A realidade social obviamente não é «natural», mas sim um produto historico muito particular, entre outros teoricamente possíveis. Uma combinatória, de facto, de práticas e de crenças, de comportamentos e de conceitos, uns herdados, outros adquiridos recentemente, e compondo um mosaico que levanta problemas e interrogações.
Nesse contexto, é premente reflectir sobre os sentidos das preocupações que mostram as nossas sociedades modernas ? e em particular, «sobremodernas» ?  relativamente à conservação, restauro, patrimonialização, representação (ou seja,  encenação), virados para o lazer de massas crescentes de público, de ?fragmentos de realidade? muito diversos: objectos, obras de arte, testemunhos de épocas passadas, sítios arqueológicos e monumentos, paisagens ou territórios (parques, áreas de paisagem protegida, etc.), e mesmo a própria vida das populações, «apanhadas» no seu quotidiano «típico».
Trata-se, parece, de expor, em «cápsulas de tempo», a totalidade da vivência humana, sob a forma de objectos e de espaços fáceis de ver e de decifrar, tornando «naturais» narrativas, discursos, interpretações que, não obstante, têm muito de «fabricado», ou seja, são produtos de um trabalho. Nestes sítios com frequência cruzam-se os mesmos princípios do museu (conservação e transmissão do passado), do teatro (representação do passado) e do centro comercial (consumo do passado).
Esse é um trabalho dos museólogos, dos arqueólogos, dos etnólogos, dos arquitectos, dos restauradores, dos produtores de espectáculos e outros eventos, dos artistas performativos, enfim de todos aqueles que procuram, cada um do seu ponto de vista e da sua capacidade de acção, tomar parte na organização moderna do tempo e do espaço.
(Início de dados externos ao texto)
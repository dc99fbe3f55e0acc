//! The hand of a row: its setup and rules, and after a colon its events, each numbered as an
//! action.
ghost use Rattle.std.specs.Prelude.{◌≤◌, IsTrue};
ghost use Rattle.play_event.specs.PlayedScript.{IsWithinLimits};
ghost use Rattle.replay_core.specs.Events.{said_by};

use crate::event_words::kind_of;
use crate::setup_words::setup_of;
use play_event::{Event, Rules, Script, Setup};
use std::alloc::{AllocError, Global};

/// A hand as a row says it.
#[derive(Drop)]
pub struct Hand {
    pub setup: Setup,
    pub rules: Rules,
    pub script: Script,
}

/// The hand that the row says, or `None` if it says no hand.
pub fn hand_of(alloc: Global, row: &str) -> Result<Option<Hand>, AllocError> {
    let Some((start, events)) = row.split_once(": ") else {
        return Ok(None);
    };
    let Some((setup, rules)) = setup_of(start) else {
        return Ok(None);
    };
    let Some(script) = script_of(alloc, events)? else {
        return Ok(None);
    };
    Ok(Some(Hand {
        setup,
        rules,
        script,
    }))
}

// The events, or `None` if one of them cannot be read.
fn script_of(alloc: Global, events: &str) -> Result<Option<Script>, AllocError> {
    let mut script = Script::new(alloc);
    let mut at: u32 = 0;
    for event in events.split("; ") {
        let Some(kind) = kind_of(event) else {
            return Ok(None);
        };
        at = at.saturating_add(1);
        match script.push(Event { at, kind }) {
            Ok(()) => {}
            Err(_) => return Err(AllocError),
        }
    }
    Ok(Some(script))
}

/// The script is so short that it is within the limits of a hand.
pub fn is_short(script: &Script) -> bool
    ensures { IsTrue result → IsWithinLimits (said_by script.now) }
{
    is_few(script.len())
}

// Two kinds of events, at most this many together, are within both limits.
fn is_few(count: usize) -> bool
    ensures { IsTrue result → count ≤ 256 }
{
    count <= 256
}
O património está ligado a um sentimento de perda permanente, sentida como falta de um bem (laço) colectivo, que não seja apenas já uma herança, mas precisamente um recurso, no sentido amplo, envolvente (ambiente, cultura, etc.), um projecto mobilizador. Este recurso generalizado está, ou estaria, por definição em permanente perigo. Essa ameaça é constituída pela face, muitas vezes oculta(da), dos interesses do «desenvolvimento», isto é, da modernização e uniformização do mundo (a famosa globalização, com todos os seus paradoxos). Mas a obsessão da perda pode tornar-se um sintoma de mal-estar, se não mesmo a nostalgia de uma transcendência para sempre perdida, que nenhuma ideologia moderna, ou «grande narrativa» redentora, foi até agora capaz de substituir.
Vários discursos, ou ideologias, são detectáveis sob esta tendência patrimonialista muito generalizada.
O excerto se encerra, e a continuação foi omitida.